L-Ilf3 and L-NF90 traffic to the nucleolus granular component: alternatively-spliced exon 3 encodes a nucleolar localization motif.

Ilf3 and NF90, two proteins containing double-stranded RNA-binding domains, are generated by alternative splicing and involved in several functions. Their heterogeneity results from posttranscriptional and posttranslational modifications. Alternative splicing of exon 3, coding for a 13 aa N-terminal motif, generates for each protein a long and short isoforms. Subcellular fractionation and localization of recombinant proteins showed that this motif acts as a nucleolar localization signal. Deletion and substitution mutants identified four arginines, essential for nucleolar targeting, and three histidines to stabilize the proteins within the nucleolus. The short isoforms are never found in the nucleoli, whereas the long isoforms are present in the nucleoplasm and the nucleoli. For Ilf3, only the posttranslationally-unmodified long isoform is nucleolar, suggesting that this nucleolar targeting is abrogated by posttranslational modifications. Confocal microscopy and FRAP experiments have shown that the long Ilf3 isoform localizes to the granular component of the nucleolus, and that L-Ilf3 and L-NF90 exchange rapidly between nucleoli. The presence of this 13 aminoacid motif, combined with posttranslational modifications, is responsible for the differences in Ilf3 and NF90 isoforms subcellular localizations. The protein polymorphism of Ilf3/NF90 and the various subcellular localizations of their isoforms may partially explain the various functions previously reported for these proteins.

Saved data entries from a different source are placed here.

//! A device that is made of a source of events and a terminal.

ghost use Rattle.std.specs.Prelude.{◌≡◌, ◌≢◌, ◌++◌, ◌∷◌, [], true, false, IfOk, OnOk, OnErr};
ghost use Rattle.tw_surface.specs.ChangeView.{batch_view};
ghost use Rattle.tw_input.specs.EventView.{event_view};
ghost use Rattle.tw_terminal.specs.TerminalState.{size_after, RenderFails, Renders};
ghost use Rattle.tw_terminal.specs.Uses.{Other, Refused as CallRefused, Took as CallTook};
ghost use Rattle.tw_device.specs.Deeds.{deeds_of, IsDone, IsSizedBy};
ghost use Rattle.tw_device.specs.Joined.{Attends, LeadsByCall, Leads, LeadsOn};
ghost use Rattle.tw_device.specs.JoinedLaws.{joins, stays};
ghost use Rattle.tw_device.specs.Steps.{answer_step, is_unsent, terminal_after, Flushed, IsPrompt, Refused, Sent, Took, Waited};

use crate::device::Device;
use crate::device_terminal::DeviceTerminal;
use crate::keys::EventSource;
use crate::step_log::StepLog;
use tw_input::InputEvent;
use tw_surface::Change;
use tw_terminal::{ScreenSize, Terminal, TerminalFault};

/// A device that is made of a source of events and a terminal. A painting is sent at once if no event is at hand, and
/// else it may be kept back until none is, up to a flush. What is done to a part by itself is not noted.
#[derive(Drop)]
pub struct Joined<S, T> {
    pub source: S,
    pub terminal: T,
    log: StepLog,
}

/// Gives the terminal the size that an event tells.
fn resize<T: DeviceTerminal>(terminal: &mut T, event: &InputEvent)
    ensures state { let before = T.state terminal.old in
        T.state terminal.new ≡ record before {
          size = size_after (event_view event.now) before.size;
        } }
    ensures sized { IsSizedBy T.does (event_view event.now) terminal.old terminal.new }
    ensures settled { T.keeps terminal.old ≡ false → T.keeps terminal.new ≡ false }
{
    if let InputEvent::Resized { cols, rows } = event {
        terminal.set_screen_size(ScreenSize {
            rows: *rows,
            cols: *cols,
        });
    }
}

/// Gives the terminal the size that an answer tells.
#[tactic(auto, using(crate::proofs::JoinedLemmas::sized_done))]
fn follow<T: DeviceTerminal>(terminal: &mut T, answer: &Result<Option<InputEvent>, TerminalFault>)
    ensures state { T.state terminal.new
        ≡ terminal_after (answer_step answer.now) (T.state terminal.old) }
    ensures done { IsDone T.does (deeds_of (answer_step answer.now ∷ [])) terminal.old terminal.new }
    ensures settled { T.keeps terminal.old ≡ false → T.keeps terminal.new ≡ false }
{
    if let Ok(Some(event)) = answer {
        resize(terminal, event);
    }
}

impl<S: EventSource, T: DeviceTerminal> Joined<S, T> {
    /// Joins a source and a terminal.
    pub fn new(source: S, terminal: T) -> Self
        ensures parts { (result.source ≡ source) × (result.terminal ≡ terminal) }
        ensures log { result.log ≡ [] }
    {
        Joined {
            source,
            terminal,
            log: StepLog::new(),
        }
    }

    /// Takes a batch, which the terminal keeps back only if it may.
    fn take(&mut self, changes: &[Change], may_keep: bool) -> Result<(), TerminalFault>
        ensures ok { OnOk result (Leads S.told S.follows T.state T.keeps T.does (Took (batch_view changes.now) ∷ [])
            self.old self.new) }
        ensures renders { OnOk result (Renders (batch_view changes.now) (T.state self.old.terminal)
            (T.state self.new.terminal)) }
        ensures settled { OnOk result (may_keep ≡ false → T.keeps self.new.terminal ≡ false) }
        ensures err { OnErr result (Leads S.told S.follows T.state T.keeps T.does (Refused ∷ []) self.old self.new) }
        ensures fails { OnErr result (RenderFails (batch_view changes.now) (T.state self.old.terminal)
            (T.state self.new.terminal)) }
        ensures untaken { OnErr result ((T.state self.new.terminal).batches
            ≡ (T.state self.old.terminal).batches) }
    {
        self.terminal.set_more_at_hand(may_keep);
        match self.terminal.render(changes) {
            Ok(()) => {
                self.log.note_taken(changes);
                Ok(())
            }
            Err(fault) => {
                self.log.note_refused();
                Err(fault)
            }
        }
    }

    /// Notes that all is sent.
    fn note_sent(&mut self)
        requires { T.keeps self.old.terminal ≡ false }
        ensures leads { Leads S.told S.follows T.state T.keeps T.does (Sent ∷ []) self.old self.new }
        ensures kept { (self.new.source ≡ self.old.source) × (self.new.terminal ≡ self.old.terminal) }
    {
        self.log.note_sent();
    }

    /// Notes that the source is asked, which may wait.
    fn note_waited(&mut self)
        requires settled { T.keeps self.old.terminal ≡ false }
        requires sent { is_unsent self.old.log ≡ false }
        ensures leads { Leads S.told S.follows T.state T.keeps T.does (Waited ∷ []) self.old self.new }
        ensures kept { (self.new.source ≡ self.old.source) × (self.new.terminal ≡ self.old.terminal) }
    {
        self.log.note_waited();
    }

    /// Sends what is kept back.
    fn settle(&mut self) -> Result<(), TerminalFault>
        ensures ok { OnOk result (Leads S.told S.follows T.state T.keeps T.does (Sent ∷ []) self.old self.new) }
        ensures err { OnErr result (Leads S.told S.follows T.state T.keeps T.does (Refused ∷ []) self.old self.new) }
        ensures state { T.state self.new.terminal ≡ T.state self.old.terminal }
        ensures settled { T.keeps self.new.terminal ≡ false }
        ensures sent { OnOk result (is_unsent self.new.log ≡ false) }
    {
        match self.terminal.settle() {
            Ok(()) => {
                self.log.note_sent();
                Ok(())
            }
            Err(fault) => {
                self.log.note_refused();
                Err(fault)
            }
        }
    }

    /// Asks the source, and sets the size that its event tells.
    fn ask(&mut self) -> Result<Option<InputEvent>, TerminalFault>
        ensures leads { Leads S.told S.follows T.state T.keeps T.does (answer_step result ∷ [])
            self.old self.new }
        ensures state { T.state self.new.terminal
            ≡ terminal_after (answer_step result) (T.state self.old.terminal) }
    {
        let answer = self.source.next_event();
        self.log.note_answer(&answer);
        follow(&mut self.terminal, &answer);
        answer
    }

    /// Sends what is kept back, unless an event is at hand, and notes that the source may wait then.
    fn attend(&mut self) -> Result<(), TerminalFault>
        ensures { Attends S.told S.follows T.state T.keeps T.does self.old self.new }
    {
        if !self.source.has_at_hand() {
            self.settle()?;
            self.note_waited();
        }
        Ok(())
    }
}

impl<S: EventSource, T: DeviceTerminal> Terminal for Joined<S, T> {
    ghost state = { λ it. T.state it.terminal };

    ghost follows = { λ old new call. LeadsByCall S.told S.follows T.state T.keeps T.does call old new };

    /// Returns the size of the terminal.
    fn get_screen_size(&mut self) -> Result<ScreenSize, TerminalFault> {
        self.terminal.get_screen_size()
    }

    /// Returns `None`: what is typed comes by `next_event`.
    fn poll_input(&mut self) -> Result<Option<InputEvent>, TerminalFault> {
        self.terminal.poll_input()
    }

    /// Takes the batch, which the terminal may keep back if an event is at hand. Else it is sent, with what was kept
    /// back.
    fn render(&mut self, changes: &[Change]) -> Result<(), TerminalFault> {
        let may_keep = self.source.has_at_hand();
        self.take(changes, may_keep)?;
        if !may_keep {
            self.note_sent();
        }
        Ok(())
    }

    /// Sends what is kept back, and flushes.
    fn flush(&mut self) -> Result<(), TerminalFault> {
        match self.terminal.flush() {
            Ok(()) => {
                self.log.note_flushed();
                Ok(())
            }
            Err(fault) => {
                self.log.note_refused();
                Err(fault)
            }
        }
    }
}

impl<S: EventSource, T: DeviceTerminal> Device for Joined<S, T> {
    ghost log = { λ it. it.log };

    ghost law = { LeadsOn S.told S.follows T.state T.keeps T.does };

    fn next_event(&mut self) -> Result<Option<InputEvent>, TerminalFault> {
        if let Err(fault) = self.attend() {
            self.log.note_answer(&Err(fault));
            return Err(fault);
        }
        self.ask()
    }

    ghost no_event = { λ it. T.no_event it.terminal };

    ghost call_notes = { λ old new call follows. record {
      steps = follows.steps;
      calls = follows.calls;
      log = follows.leads.log;
      batches = follows.batches;
      prompt = follows.leads.prompt;
    } };

    ghost call_law = { λ old new call follows. (follows.steps, follows.leads) };

    ghost law_stays = { stays S.told S.follows T.state T.keeps T.does };

    ghost law_joins = { joins S.told S.follows T.state T.keeps T.does };
}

Identification of a newly spliced exon in the mouse Ilf3 gene generating two long and short isoforms of Ilf3 and NF90.

The mammalian IlF3 and NF90 proteins, involved in several cellular functions, have common N-terminal and central sequences and specific C-terminal regions. These proteins exhibit a large heterogeneity generated by posttranscriptional and posttranslational modifications. Part of their polymorphism is due to the alternative splicing of exon 3 located just downstream of the translation initiation codon. This 39-nucleotide-long exon, not described so far, codes for an N-terminal sequence of 13 residues (ALYHHHFITRRRR) also present in rat and human IlF3 or NF90. Four mRNAs are expressed in mouse brain, two for Ilf3 and two for NF90, differing in their 3' sequence to generate the specific Ilf3 and NF90 C-terminal domains and in the presence or the absence of exon 3 to generate long and short isoforms of both proteins. By RT-PCR, no other variants were found. Combining our results and GenBank sequences, we determined the exon-intron organization of the entire mouse Ilf3 gene divided into 22 exons.

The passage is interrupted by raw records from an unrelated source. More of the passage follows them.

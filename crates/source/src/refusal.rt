// A filter that is refused gives back the source that it was to stand on.
ghost use Rattle.std.specs.Prelude.{◌≡◌};

use event::CallerFault;

#[derive(Drop)]
pub struct Refusal<S> {
    pub below: S,
    pub fault: CallerFault,
}

// So that `?` goes on with the fault. The source is let go.
impl<S: Drop> From<Refusal<S>> for CallerFault {
    ghost from_gives = { λ x r. r ≡ x.fault };

    fn from(refusal: Refusal<S>) -> CallerFault {
        refusal.fault
    }
}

Ilf3 and NF90 associate with the axonal targeting element of Tau mRNA.

In neurons, the selective translocation of Tau mRNA toward axons is due to the presence of a nucleotide sequence located in its 3' untranslated region and serving as axonal targeting element. Using this RNA sequence as a probe by a Northwestern approach, we have detected several proteins that interact with the targeting RNA element and could potentially be involved in Tau mRNA translocation, translation halting, and/or stabilization. Among them, two proteins were identified as the interleukin enhancer binding factor 3 (Ilf3) and NF90, two isoforms derived from a single gene product through alternative splicing. Each protein comprises two double-stranded RNA binding motifs that can interact with the predicted stem-loop secondary structure of the axonal targeting element. Specific antibodies raised against common or specific peptide sequences showed that both Ilf3 and NF90 are polymorphic proteins that are detected in neuronal nuclei and cell bodies, as well as in the proximal neuritic segments. This observation favors the idea that Ilf3 and NF90 are part of a protein complex that escorts Tau mRNA toward the axon.